§ **HOW TO COMPLETE THIS TASK**: Lines in the listing below containing the string "exactly" are to be identified and copied.
[[ SUPPLIED DATA open ]]
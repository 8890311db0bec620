// The parts of a tree, as they are read from outside. None of this but `names` takes memory.
ghost use Rattle.std.specs.Prelude.{◌≡◌, ◌<◌, None, true, option_map, slice_get, IfOk, IfSome, IfNone, IsSome, OnOk};
ghost use Rattle.std.specs.FinMap as finmap;

use super::Tree;
use sfs_base::{Kind, Name, NoMemory, NodeId};
use tree_laws::NameMap;

impl Tree {
    ghost use Rattle.tree_laws.specs.Tree.{row_of, is_alive, is_directory, holder_of, bucket_rows, names_of, bytes_of};
    ghost use Rattle.tree_laws.specs.NameRow.{number_of};
    ghost use Rattle.std.specs.Option.{option_or};
    ghost use Rattle.tree_laws.specs.Sound.{IsSound};
    ghost use Rattle.tree_laws.specs.Least.{IsLeast, NoneFrom, first_behind};

    /// The kind of a node, `None` exactly where the tree has no such node.
    pub fn kind(&self, node: NodeId) -> Option<Kind>
        ensures { result ≡ option_map (λ node. node.kind) (finmap.get self.now.nodes node.0) }
    {
        match self.store.node(node.0) {
            Some(data) => Some(data.kind),
            None => None,
        }
    }

    /// The bytes of a node of the tree.
    pub fn bytes(&self, file: NodeId) -> &[u8]
        requires { IsSome (finmap.get self.now.nodes file.0) }
        ensures { result.now ≡ bytes_of self.now file.0 }
    {
        match self.store.node(file.0) {
            Some(data) => &data.bytes,
            None => unreachable!(),
        }
    }

    /// The least node of the tree above `after`, or the least of all; `None` exactly where there is none.
    pub fn next_node(&self, after: Option<NodeId>) -> Option<NodeId>
        ensures found { IfSome result (λ node. IsLeast self.now.nodes (first_behind (number_of after)) node.0) }
        ensures none { IfNone result (NoneFrom self.now.nodes (first_behind (number_of after))) }
    {
        let first = match after {
            Some(node) => node.0 as usize + 1,
            None => 0,
        };
        match self.store.next_from(first) {
            Some(number) => Some(NodeId(number)),
            None => None,
        }
    }

    /// The row at a place of one of a directory's eight buckets, names ascending by their bytes; `None`
    /// exactly past the last row and from bucket 8 on.
    pub fn row(&self, dir: NodeId, bucket: u8, place: u32) -> Option<(&Name, NodeId)>
        ensures { option_map (λ row. (row.0.now, row.1.0)) result
            ≡ slice_get (finmap.entries (bucket_rows dir.0 bucket self.now.rows)) place }
    {
        if bucket >= 8 {
            return None;
        }
        let rows = self.store.bucket(dir.0, bucket)?;
        let row = rows.at(place as usize)?;
        Some((&row.name, row.child))
    }

    /// Whether a node is alive: it is the root, or a row names it.
    pub fn is_alive(&self, node: NodeId) -> bool
        ensures { result ≡ is_alive self.now node.0 }
    {
        node.0 == 0 || self.store.named(node.0) != 0
    }

    /// The child of the directory's row with this name. `None` exactly where no row has it.
    pub fn child(&self, dir: NodeId, name: &Name) -> Option<NodeId>
        ensures { number_of result ≡ row_of self.now dir.0 name.now }
    {
        self.store.child(dir.0, name)
    }

    /// The directory in which the row of a directory of a sound tree stands. `None` exactly where no row names it.
    pub fn holder(&self, dir: NodeId) -> Option<NodeId>
        requires sound { IsSound self.now }
        requires directory { is_directory self.now dir.0 ≡ true }
        ensures { number_of result ≡ holder_of self.now dir.0 }
    {
        match self.store.holder(dir.0) {
            Some(number) => Some(NodeId(number)),
            None => None,
        }
    }

    /// How many rows a directory has.
    pub fn row_count(&self, dir: NodeId) -> u32
        ensures { result ≡ finmap.len (names_of dir.0 self.now.rows) }
    {
        self.store.inside(dir.0)
    }

    /// The rows of a directory, as a map of their own. It takes time in proportion to their number.
    pub fn names(&self, dir: NodeId) -> Result<NameMap, NoMemory>
        ensures { IfOk result (λ names. names ≡ names_of dir.0 self.now.rows) }
    {
        let mut names = NameMap::new(self.alloc);
        for number in 0..8u8 {
            self.add_bucket(&mut names, dir, number)?;
        }
        Ok(names)
    }

    // Adds the rows of a bucket, whose names are new.
    fn add_bucket(&self, names: &mut NameMap, dir: NodeId, number: u8) -> Result<(), NoMemory>
        requires number { number < 8 }
        requires apart { (name : _) → IsSome (finmap.get (bucket_rows dir.0 number self.now.rows) name)
            → finmap.get names.old name ≡ None }
        ensures { OnOk result ((name : _) → finmap.get names.new name
            ≡ option_or (finmap.get (bucket_rows dir.0 number self.now.rows) name) (finmap.get names.old name)) }
    {
        match self.store.bucket(dir.0, number) {
            Some(rows) => names.add_rows(self.alloc, rows.rows()),
            None => Ok(()),
        }
    }
}
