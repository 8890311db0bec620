// The walk up from a directory.
ghost use Rattle.std.specs.Prelude.{◌≡◌, true, map, IfOk};
ghost use Rattle.std.specs.FinMap as finmap;

use super::Tree;
use sfs_base::{NoMemory, NodeId};

impl Tree {
    ghost use Rattle.tree_laws.specs.NameRow.{node_number};
    ghost use Rattle.tree_laws.specs.Tree.{is_directory, walk_up};
    ghost use Rattle.tree_laws.specs.Sound.{IsSound};

    /// The directories above a directory of a sound tree, from its holder on up to the root.
    pub fn above(&self, dir: NodeId) -> Result<Vec<NodeId>, NoMemory>
        requires sound { IsSound self.now }
        requires directory { is_directory self.now dir.0 ≡ true }
        ensures { IfOk result (λ above. map node_number above.items ≡ walk_up (finmap.len self.now.rows) self.now dir.0) }
    {
        let mut above = Vec::new(self.alloc);
        let mut place = dir.0;
        let mut steps = self.store.total();
        while steps > 0 {
            let Some(holder) = self.store.holder(place) else {
                return Ok(above);
            };
            above.push(NodeId(holder))?;
            place = holder;
            steps -= 1;
        }
        Ok(above)
    }
}
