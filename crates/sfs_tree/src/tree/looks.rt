// The calls that leave the tree as it is.
ghost use Rattle.std.specs.Prelude.{◌≡◌, ◌≤◌, ℕ, map, take, drop, IfOk};
ghost use Rattle.std.specs.FinMap as finmap;
ghost use Rattle.tree_laws.specs.declared.call.Call.TheVariants as call;

use super::Tree;
use super::faults::refused;
use sfs_base::{Chunk, Name, NoMemory, NodeId};
use std::alloc::Global;
use tree_laws::{Code, NameKind, NameMap, NameRows, Reply};

impl Tree {
    ghost use Rattle.tree_laws.specs.Tree.{bytes_of, links_of};
    ghost use Rattle.tree_laws.specs.Names.{with_kinds};
    ghost use Rattle.tree_laws.specs.Verdict.{size_of};
    ghost use Rattle.tree_laws.specs.Step.{IsAnswer};

    pub(super) fn look(&self, dir: NodeId, name: &Name) -> Reply
        ensures { IsAnswer self.now (call.Look dir name.now) result }
    {
        if let Some(code) = self.directory_fault(dir) {
            return refused(code);
        }
        match self.child(dir, name) {
            Some(node) => Reply::Node {
                node,
                kind: self.kind_of(node),
            },
            None => refused(Code::NoEntry),
        }
    }

    pub(super) fn stat(&self, node: NodeId) -> Reply
        ensures { IsAnswer self.now (call.Stat node) result }
    {
        if let Some(code) = self.node_fault(node) {
            return refused(code);
        }
        Reply::Stat {
            kind: self.kind_of(node),
            links: self.links(node),
            size: self.size_of(node),
        }
    }

    /// A node's link count: of a directory 2 and the number of rows in it that name directories, of any
    /// other number how many rows name it. It takes one step and no memory.
    pub fn links(&self, node: NodeId) -> u32
        ensures { result ≡ links_of self.now node.0 }
    {
        if self.is_directory(node) {
            2 + self.store.directories(node.0)
        } else {
            self.store.named(node.0)
        }
    }

    // Of a file how many bytes it has, of a directory how many rows.
    fn size_of(&self, node: NodeId) -> u64
        ensures { result ≡ size_of self.now node.0 }
    {
        if self.is_directory(node) {
            return u64::from(self.row_count(node));
        }
        match self.store.node(node.0) {
            Some(data) => data.bytes.len() as u64,
            None => 0,
        }
    }

    pub(super) fn list(&self, dir: NodeId) -> Result<Reply, NoMemory>
        ensures { IfOk result (λ reply. IsAnswer self.now (call.List dir) reply) }
    {
        if let Some(code) = self.directory_fault(dir) {
            return Ok(refused(code));
        }
        let names = self.names(dir)?;
        let rows = self.with_kinds(&names)?;
        Ok(Reply::Names { rows })
    }

    // Names with the kinds of their nodes.
    fn with_kinds(&self, names: &NameMap) -> Result<NameRows, NoMemory>
        ensures { IfOk result (λ rows. rows ≡ with_kinds self.now names.now) }
    {
        let mut rows = Vec::new(self.alloc);
        for row in names.rows() {
            rows.push(NameKind {
                name: row.name.copy()?,
                kind: self.kind_of(row.child),
            })?;
        }
        Ok(NameRows::from_rows(rows))
    }

    pub(super) fn read(&self, file: NodeId, at: u64, count: u32) -> Result<Reply, NoMemory>
        requires { count ≤ 65536 }
        ensures { IfOk result (λ reply. IsAnswer self.now (call.Read file at count) reply) }
    {
        if let Some(code) = self.file_fault(file) {
            return Ok(refused(code));
        }
        let bytes = self.read_bytes(file, at, count)?;
        Ok(Reply::Bytes { bytes })
    }

    // The bytes of a file from a place on, so many of them at most.
    fn read_bytes(&self, file: NodeId, at: u64, count: u32) -> Result<Chunk, NoMemory>
        requires { count ≤ 65536 }
        ensures { IfOk result (λ bytes. bytes ≡ take count (drop at (bytes_of self.now file.0))) }
    {
        match self.store.node(file.0) {
            Some(data) => part_of(self.alloc, &data.bytes, at, count),
            None => part_of(self.alloc, &[], at, count),
        }
    }

    pub(super) fn fsync(&self, node: NodeId) -> Reply
        ensures { IsAnswer self.now (call.Fsync node) result }
    {
        match self.node_fault(node) {
            Some(code) => refused(code),
            None => Reply::Ok,
        }
    }
}

// The bytes from a place on, so many of them at most.
fn part_of(alloc: Global, bytes: &[u8], at: u64, count: u32) -> Result<Chunk, NoMemory>
    requires { count ≤ 65536 }
    ensures { IfOk result (λ part. part ≡ take count (drop at bytes.now)) }
{
    let length = bytes.len() as u64;
    let first = at.min(length);
    let end = (first + u64::from(count)).min(length);
    let part = bytes[first as usize..end as usize].to_vec(alloc)?;
    match Chunk::new(part) {
        Ok(chunk) => Ok(chunk),
        Err(_) => unreachable!(),
    }
}
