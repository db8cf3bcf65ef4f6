// The desk's numbers without its bytes, and the two lent buffers by their roles.
#![tactic(auto)]

ghost use Rattle.std.specs.Prelude.{◌≡◌, not, ◌||◌, ◌≤◌, take, length as List·length};
ghost use Rattle.meaning.specs.Sizes.{longest_chunk};
ghost use Rattle.notes.specs.Notes.{emptied_notes, length_fits, slot_for, length_for, length_after, notes_with, first_serves, lent_for, too_short};

use meaning::{Kind, LONGEST_CHUNK, LONGEST_LISTING, Refusal, TS_BYTES};
use slots::{Answer, Slot};

// The desk's numbers: the slots, the lengths of the listings for this frame and for the next (0 is none), and whether the second buffer
// serves this frame.
#[derive(Clone, Copy)]
pub struct Notes {
    pub this: Slot,
    pub next: Slot,
    pub shown: usize,
    pub coming: usize,
    pub swapped: bool,
}

impl Notes {
    // Empty slots and these listings. Internal.
    pub fn emptied(shown: usize, coming: usize, swapped: bool) -> Notes
        ensures { result ≡ emptied_notes shown coming swapped }
    {
        let empty = Slot {
            last: 0,
            held: 0,
            spoiled: false,
        };
        Notes {
            this: empty,
            next: empty,
            shown,
            coming,
            swapped,
        }
    }

    // The same numbers. Internal.
    // Stays: copied field by field, so that no byte between the fields is copied, which costs time in the loops of `replay` and `explaining`.
    pub fn anew(self) -> Notes
        ensures { result ≡ self }
    {
        Notes {
            this: self.this,
            next: self.next,
            shown: self.shown,
            coming: self.coming,
            swapped: self.swapped,
        }
    }

    // The numbers of a well formed desk in a new gathering. Internal.
    pub fn gathering(self) -> Notes
        ensures { result ≡ emptied_notes self.shown self.coming self.swapped }
    {
        Notes::emptied(self.shown, self.coming, self.swapped)
    }

    // The numbers of a well formed desk in a new frame. Internal.
    pub fn frame(self) -> Notes
        ensures { result ≡ emptied_notes self.coming 0 (not self.swapped) }
    {
        Notes::emptied(self.coming, 0, !self.swapped)
    }
}

// A length of a listing: 0, or 5 to 1,475. Internal.
pub fn length_fits(n: usize) -> bool
    ensures { result ≡ length_fits n }
{
    n == 0 || TS_BYTES <= n && n <= LONGEST_LISTING
}

// The length of a kind's listing, once a segment of that kind was answered.
fn length_after(answer: Result<Answer, Refusal>, before: usize) -> usize
    ensures { result ≡ length_after answer before }
{
    match answer {
        Ok(Answer::NewList { kind: _, length }) => length,
        Ok(Answer::Missing(_)) => before,
        Err(_) => before,
    }
}

// The slot of a kind. Internal.
pub fn own(kind: Kind, notes: Notes) -> Slot
    ensures { result ≡ slot_for kind notes }
{
    match kind {
        Kind::This => notes.this,
        Kind::Next => notes.next,
    }
}

// The length of a kind's listing. Internal.
pub fn listed_for(kind: Kind, notes: Notes) -> usize
    ensures { result ≡ length_for kind notes }
{
    match kind {
        Kind::This => notes.shown,
        Kind::Next => notes.coming,
    }
}

// Where the bytes of a kind's slot begin. Internal.
pub fn start_of(kind: Kind) -> usize
    ensures { (kind ≡ Kind.This → result ≡ 0) × (kind ≡ Kind.Next → result ≡ longest_chunk) }
{
    match kind {
        Kind::This => 0,
        Kind::Next => LONGEST_CHUNK,
    }
}

// The desk's numbers with a kind's slot as it became, and the length of its listing as the answer has it. Internal.
pub fn with_slot(notes: Notes, kind: Kind, slot: Slot, answer: Result<Answer, Refusal>) -> Notes
    ensures { result ≡ notes_with kind notes slot answer }
{
    match kind {
        Kind::This => Notes {
            this: slot,
            shown: length_after(answer, notes.shown),
            ..notes
        },
        Kind::Next => Notes {
            next: slot,
            coming: length_after(answer, notes.coming),
            ..notes
        },
    }
}

// Whether the first buffer serves this frame or the next. Internal.
pub fn first_serves(kind: Kind, swapped: bool) -> bool
    ensures { result ≡ first_serves kind swapped }
{
    match kind {
        Kind::This => !swapped,
        Kind::Next => swapped,
    }
}

// Whether both lent buffers are long enough. Internal.
pub fn roomy(first: &[u8], second: &[u8]) -> bool
    ensures { result ≡ not (too_short first.now || too_short second.now) }
{
    LONGEST_LISTING <= first.len() && LONGEST_LISTING <= second.len()
}

// The first bytes of the buffer that serves this frame or the next. Internal.
pub fn part<'a>(
    kind: Kind,
    swapped: bool,
    length: usize,
    first: &'a [u8],
    second: &'a [u8],
) -> &'a [u8]
    requires { length ≤ List·length (lent_for kind swapped first.now second.now) }
    ensures result_value { result.now ≡ take length (lent_for kind swapped first.now second.now) }
    ensures ref_ptr_value { result.ref_ptr ≡ lent_for kind swapped first.entry.ref_ptr second.entry.ref_ptr }
{
    if first_serves(kind, swapped) {
        &first[..length]
    } else {
        &second[..length]
    }
}
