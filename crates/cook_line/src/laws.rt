// What is true of all lines.
ghost use Rattle.cook_line.specs.Moves.{LinesAreFaultless, LinesAreInTurn, OneBadMove};
ghost use Rattle.cook_line.specs.Stages.{WordsMean};

use board_core::order_laws;
use usi_text::move_laws;

/// Laws about lines. A text that says a line from a problem has no part that is no move, and none
/// has two first such parts; the moves of a line are checks and evasions in turn, one at least. And
/// what the word of a line's stages means: sound, that at each turn of the attacker whose check has
/// an evasion this check mates and no other; cooked, that at one of these turns another one mates;
/// no mate, that at one of them no check does. Does nothing; whoever uses a line calls it to know
/// this. Takes no memory.
pub fn line_laws()
    ensures faultless { LinesAreFaultless }
    ensures one_fault { OneBadMove }
    ensures in_turn { LinesAreInTurn }
    ensures words { WordsMean }
{
    // No two moves have one text, or one place in their order.
    move_laws();
    order_laws();
}
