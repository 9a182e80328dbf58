//! Cooks along a line: what the cook reports along the moves of a solution say together.
//!
//! [`read_line`] reads a line of moves from a problem, checks and evasions in turn, and tells the
//! first part of its text that is none. A [`Stage`] is what is told at one of the attacker's turns
//! along it: the line's check, whether there is an evasion to it, and the cook report of the
//! position. [`line_word`] sums the stages up in one word, as a composer asks: is each move of the
//! solution the only one? What the word means is defined in `specs/Turns.antt`: [`line_laws`].
//! Nothing here searches or writes a text.
#![tactic(auto)]

mod ends;
mod laws;
mod line;
mod stage;
mod word;

pub use ends::LineEnd;
pub use laws::line_laws;
pub use line::read_line;
pub use stage::Stage;
pub use word::{has_unknown, line_word};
[[ SUPPLIED DATA closed ]]
§ **TASK ANSWER**:
    /// The kind of a node, `None` exactly where the tree has no such node.
    /// The least node of the tree above `after`, or the least of all; `None` exactly where there is none.
    /// exactly past the last row and from bucket 8 on.
    /// The child of the directory's row with this name. `None` exactly where no row has it.
    /// The directory in which the row of a directory of a sound tree stands. `None` exactly where no row names it.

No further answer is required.